Input material ->
____

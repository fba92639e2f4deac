ghost use Rattle.std.specs.Prelude.{◌≡◌, OnOk};
ghost use Rattle.record_program.specs.Endings.{IsEnding, Prints, status_of, unclosed};

use job_record::RecordFault;
use plain_data::Text;
use sqlite::Error;
use std::io;
use std::io::Write;

/// How the command ends.
#[derive(Drop)]
pub enum Ending {
    /// The lines of the rows, for standard output.
    Rows(Text),
    /// The file is not there, is a folder, or can't be looked at.
    Input,
    /// The record was refused.
    Record(RecordFault),
}

impl Ending {
    /// Returns the exit status: 0, or 3 for a fault.
    pub fn status(&self) -> u8
        ensures { result ≡ status_of self.now }
    {
        match self {
            Ending::Rows(_) => 0,
            Ending::Input | Ending::Record(_) => 3,
        }
    }

    /// Writes the rows to `out`, or the fault to `err`.
    pub fn print<O: Write, E: Write>(&self, out: &mut O, err: &mut E) -> io::Result<()>
        ensures { OnOk result (Prints self.now (O.contents out.old) (O.contents out.new)
            (E.contents err.old) (E.contents err.new)) }
    {
        match self {
            Ending::Rows(lines) => write!(out, "{lines}"),
            Ending::Input => writeln!(err, "fault: input"),
            Ending::Record(fault) => writeln!(err, "fault: {}", fault.code()),
        }
    }
}

/// Returns how the command ends if the record could not be closed: with that, in place of rows. What went wrong first is said.
#[tactic(auto, using(crate::specs::Endings::no_file, crate::specs::Endings::faulty))]
pub fn unclosed(ending: Ending, error: Error) -> Ending
    ensures told { result ≡ unclosed error ending }
    ensures ending { IsEnding ending → IsEnding result }
    ensures status { status_of result ≡ 3 }
{
    match ending {
        Ending::Rows(_) => Ending::Record(RecordFault::Store(error)),
        other => other,
    }
}
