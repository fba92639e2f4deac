//! A record in files that is closed, also once rows of it were forgotten or archives went, over any disk.
ghost use Rattle.record_program.specs.Endings.{IsEnding};
ghost use Rattle.record_program.specs.Closing.{ForgetsForGood, TrimsForGood, ClosesAs, Leaves};

use crate::ending::{Ending, unclosed};
use crate::store::forgotten;
use crate::trimming::trimmed;
use job_record::JobRecord;
use plain_data::{Items, Text};
use sqlite::{Connection, FileStore, Files};
use sqlite_disk::Disk;
use std::alloc::Global;
use std::mem;

/// Forgets the rows whose key has this SHA-1, and closes the record in good order, so that its file alone holds it. Gives the
/// files back if they were closed, and else ends with a fault.
pub fn forgotten_for_good<D: Disk + Drop>(
    alloc: Global,
    mut kept: JobRecord<FileStore<D>>,
    sum: &str,
) -> (Ending, Option<Files<D>>)
    ensures ending { IsEnding result.0 }
    ensures closes { ForgetsForGood D.Disk sum.now kept.space kept.conn result.0 result.1 }
{
    let ending = forgotten(alloc, &mut kept, sum);
    closed(kept.into_connection(), ending)
}

/// Lets the archives of the oldest last use go until the others have at most so many bytes together, and closes the record in good
/// order. Returns the keys whose archives went for good, none if the record could not be closed, and gives the files back if it was.
pub fn trimmed_for_good<D: Disk + Drop>(
    alloc: Global,
    mut kept: JobRecord<FileStore<D>>,
    budget: u64,
) -> (Ending, Items<Text>, Option<Files<D>>)
    ensures ending { IsEnding result.0 }
    ensures closes { TrimsForGood D.Disk budget kept.space kept.conn result.0 result.1 result.2 }
{
    let (ending, lost) = trimmed(alloc, &mut kept, budget);
    let (ending, files) = closed(kept.into_connection(), ending);
    match files {
        Some(files) => (ending, lost, Some(files)),
        None => (ending, Items::new(alloc), None),
    }
}

fn closed<D: Disk + Drop>(
    conn: Connection<FileStore<D>>,
    ending: Ending,
) -> (Ending, Option<Files<D>>)
    ensures ending { IsEnding ending → IsEnding result.0 }
    ensures closes { ClosesAs D.Disk conn ending result.0 result.1 }
{
    match conn.close_files() {
        Ok(files) => (ending, Some(files)),
        Err((error, store)) => {
            mem::drop(store);
            (unclosed(ending, error), None)
        }
    }
}

/// Closes a database in good order. Where that can't be done its log stays beside its file.
pub fn left_of<D: Disk + Drop>(conn: Connection<FileStore<D>>) -> Result<Files<D>, FileStore<D>>
    ensures { Leaves D.Disk conn result }
{
    match conn.close_files() {
        Ok(files) => Ok(files),
        Err((_, store)) => Err(store),
    }
}
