//! Databases by the names of their files.
ghost use Rattle.std.specs.Prelude.{◌≡◌, ℕ, false, List, IfOk};
ghost use Rattle.sqlite_wal.specs.Files.{image_at};
ghost use Rattle.sqlite.specs.Files.{file_state};
ghost use Rattle.sqlite.specs.Start.{FindsIn};
ghost use Rattle.sqlite.specs.State.{HasCleanDisk, IsLive, Opens, State};

use crate::copying::{CopiedFiles, copied};
use crate::look::looked;
use job_record::RecordFault;
use sqlite::{Connection, Error, ErrorCode, File, FileStore, Leftover, Start, Unknown};
use sqlite_disk::Disk;

/// A runtime that opens databases by the names of their files.
pub trait Databases {
    /// What a database is kept on: two files, its own and its log.
    type Medium: Disk + Drop;

    /// A database was opened of the file of this name, and this is what it showed then.
    ghost opens: { Self → List ℕ → State → Type 0 };

    /// Opens the database of a file, or makes an empty one where the file is absent or has no byte.
    fn open_database(
        &self,
        file: &str,
    ) -> Result<Connection<FileStore<Self::Medium>>, (Error, Option<Leftover<Self::Medium>>)>
        ensures opened { IfOk result (λ conn. opens self.now file.now (file_state conn)) }
        ensures settled { IfOk result (λ conn. conn.in_transaction ≡ false) };

    /// Opens a copy of what the database of a file holds now. What is changed in it goes with it.
    fn open_copy(&self, file: &str) -> Result<Connection<FileStore<Self::Medium>>, RecordFault>
        ensures opened { IfOk result (λ conn. opens self.now file.now (file_state conn)) }
        ensures settled { IfOk result (λ conn. conn.in_transaction ≡ false) };
}

// This is the one place that opens a file, by the name that is given, or a copy of it. No clause of `open_from` has that name.
impl Databases for HostRuntime {
    type Medium = File;

    ghost opens = { λ _ _ s. HasCleanDisk s → (Opens s × IsLive s) × FindsIn (image_at ⟦<Unknown as Start>⟧) s };

    fn open_database(
        &self,
        file: &str,
    ) -> Result<Connection<FileStore<File>>, (Error, Option<Leftover<File>>)> {
        Connection::open_from(self, file, false, Unknown)
    }

    fn open_copy(&self, file: &str) -> Result<Connection<FileStore<File>>, RecordFault> {
        match copied(self, file) {
            Ok(copy) => {
                let opened = opened_copy(self, &copy);
                copy.remove(self);
                opened
            }
            Err(_) => Err(RecordFault::Store(Error::SqliteFailure(ErrorCode::CannotOpen))),
        }
    }
}

fn opened_copy(
    rt: &HostRuntime,
    copy: &CopiedFiles,
) -> Result<Connection<FileStore<File>>, RecordFault>
    ensures found { IfOk result (λ conn. HasCleanDisk (file_state conn) → (Opens (file_state conn)
        × IsLive (file_state conn)) × FindsIn (image_at ⟦<Unknown as Start>⟧) (file_state conn)) }
    ensures settled { IfOk result (λ conn. conn.in_transaction ≡ false) }
{
    let look = looked(rt, copy.file())?;
    if look.is_empty() {
        return Err(RecordFault::NotARecord);
    }
    match Connection::open_from(rt, copy.file(), false, Unknown) {
        Ok(conn) => Ok(conn),
        Err((error, _)) => Err(RecordFault::Store(error)),
    }
}
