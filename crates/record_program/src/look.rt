//! A file and its log, looked at before the store opens them.
ghost use Rattle.std.specs.Prelude.{◌≤◌, IfOk, length};

use crate::head::{
    HEADER, Head, LOG_HEADER, LogHead, head_of, is_bare_log, is_too_long, log_of, refusal_of,
};
use job_record::RecordFault;
use sqlite::{Error, ErrorCode};
use std::io::Read;
use std::rt::Files;
use std::{fs, io};

const CANNOT_OPEN: RecordFault = RecordFault::Store(Error::SqliteFailure(ErrorCode::CannotOpen));

/// A file that may be opened.
#[derive(Drop)]
pub struct Look {
    head: Head,
    log: String,
    log_head: LogHead,
}

impl Look {
    /// Whether nothing of a database is there.
    pub fn is_empty(&self) -> bool {
        matches!(self.head, Head::Blank) && matches!(self.log_head, LogHead::Absent)
    }

    /// Returns the name of the log that an opening makes beside the file.
    pub fn new_log(&self) -> Option<&str> {
        match self.log_head {
            LogHead::Absent => Some(self.log.as_str()),
            _ => None,
        }
    }
}

/// Looks at a file and at its log, and refuses what no record is.
pub fn looked<R: AllocGlobal + Files>(rt: &R, file: &str) -> Result<Look, RecordFault> {
    let head = head_at(rt, file)?;
    refuse_length(rt, file)?;
    let log = log_name(rt, file)?;
    let log_head = log_at(rt, log.as_str())?;
    match refusal_of(head, log_head) {
        Some(fault) => Err(fault),
        None => Ok(Look {
            head,
            log,
            log_head,
        }),
    }
}

// No record has so many rows: such a file has no bytes in most of its pages, or holds something else.
fn refuse_length<R: AllocGlobal + Files>(rt: &R, file: &str) -> Result<(), RecordFault> {
    match fs::metadata(rt, file) {
        Ok(found) if is_too_long(found.len()) => Err(RecordFault::NotARecord),
        Ok(_) => Ok(()),
        Err(error) => Err(of_io(&error)),
    }
}

/// The same, if the file may be absent.
pub fn looked_if_there<R: AllocGlobal + Files>(
    rt: &R,
    file: &str,
) -> Result<Option<Look>, RecordFault> {
    match fs::metadata(rt, file) {
        Err(error) if error.kind() == io::ErrorKind::NotFound => Ok(None),
        _ => Ok(Some(looked(rt, file)?)),
    }
}

/// Removes the log that an opening has made, while the files are held. One that another program has committed to since the look stays.
pub fn remove_log<R: AllocGlobal + Files>(rt: &R, new_log: Option<&str>) {
    if let Some(log) = new_log {
        remove_if_bare(rt, log);
    }
}

fn remove_if_bare<R: AllocGlobal + Files>(rt: &R, log: &str) {
    if let Ok(found) = fs::metadata(rt, log) {
        if is_bare_log(found.len()) {
            let _removed = fs::remove_file(rt, log);
        }
    }
}

fn head_at<R: AllocGlobal + Files>(rt: &R, file: &str) -> Result<Head, RecordFault> {
    let mut bytes = [0; HEADER];
    let count = first_bytes(rt, file, &mut bytes)?;
    Ok(head_of(&bytes[..count]))
}

/// As in SQLite, the log lies beside the file that a link leads to.
pub fn log_name<R: AllocGlobal + Files>(rt: &R, file: &str) -> Result<String, RecordFault> {
    match fs::canonicalize(rt, file) {
        Ok(path) => Ok(format!(in rt.alloc(); "{}-wal", path.as_str())?),
        Err(error) => Err(of_io(&error)),
    }
}

fn log_at<R: AllocGlobal + Files>(rt: &R, log: &str) -> Result<LogHead, RecordFault> {
    match fs::symlink_metadata(rt, log) {
        Ok(_) => log_in(rt, log),
        Err(error) if error.kind() == io::ErrorKind::NotFound => Ok(LogHead::Absent),
        Err(error) => Err(of_io(&error)),
    }
}

fn log_in<R: AllocGlobal + Files>(rt: &R, log: &str) -> Result<LogHead, RecordFault> {
    let mut bytes = [0; LOG_HEADER];
    let count = first_bytes(rt, log, &mut bytes)?;
    Ok(log_of(&bytes[..count]))
}

fn first_bytes<R: AllocGlobal + Files>(
    rt: &R,
    path: &str,
    bytes: &mut [u8],
) -> Result<usize, RecordFault>
    ensures { IfOk result (λ count. count ≤ length bytes.old) }
{
    match read_first(rt, path, bytes) {
        Ok(count) => Ok(count),
        Err(error) => Err(of_io(&error)),
    }
}

// Reads what a regular file begins with. No other is opened, since a pipe would wait.
fn read_first<R: AllocGlobal + Files>(rt: &R, path: &str, bytes: &mut [u8]) -> io::Result<usize>
    ensures { IfOk result (λ count. count ≤ length bytes.old) }
{
    if !fs::metadata(rt, path)?.is_file() {
        return Err(io::ErrorKind::Unsupported.into());
    }
    let mut file = fs::File::open(rt, path)?;
    file.read(bytes)
}

fn of_io(error: &io::Error) -> RecordFault {
    match error.kind() {
        io::ErrorKind::OutOfMemory => RecordFault::OutOfMemory,
        _ => CANNOT_OPEN,
    }
}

____

Required work -> Going down from the first line of the entries above, restate each line word for word until the line holding "Writes the rows" is done.

Completed exercise ->
repository fba92639e2f4deac
ghost use Rattle.std.specs.Prelude.{◌≡◌, OnOk};
ghost use Rattle.record_program.specs.Endings.{IsEnding, Prints, status_of, unclosed};

use job_record::RecordFault;
use plain_data::Text;
use sqlite::Error;
use std::io;
use std::io::Write;

/// How the command ends.
#[derive(Drop)]
pub enum Ending {
    /// The lines of the rows, for standard output.
    Rows(Text),
    /// The file is not there, is a folder, or can't be looked at.
    Input,
    /// The record was refused.
    Record(RecordFault),
}

impl Ending {
    /// Returns the exit status: 0, or 3 for a fault.
    pub fn status(&self) -> u8
        ensures { result ≡ status_of self.now }
    {
        match self {
            Ending::Rows(_) => 0,
            Ending::Input | Ending::Record(_) => 3,
        }
    }

    /// Writes the rows to `out`, or the fault to `err`.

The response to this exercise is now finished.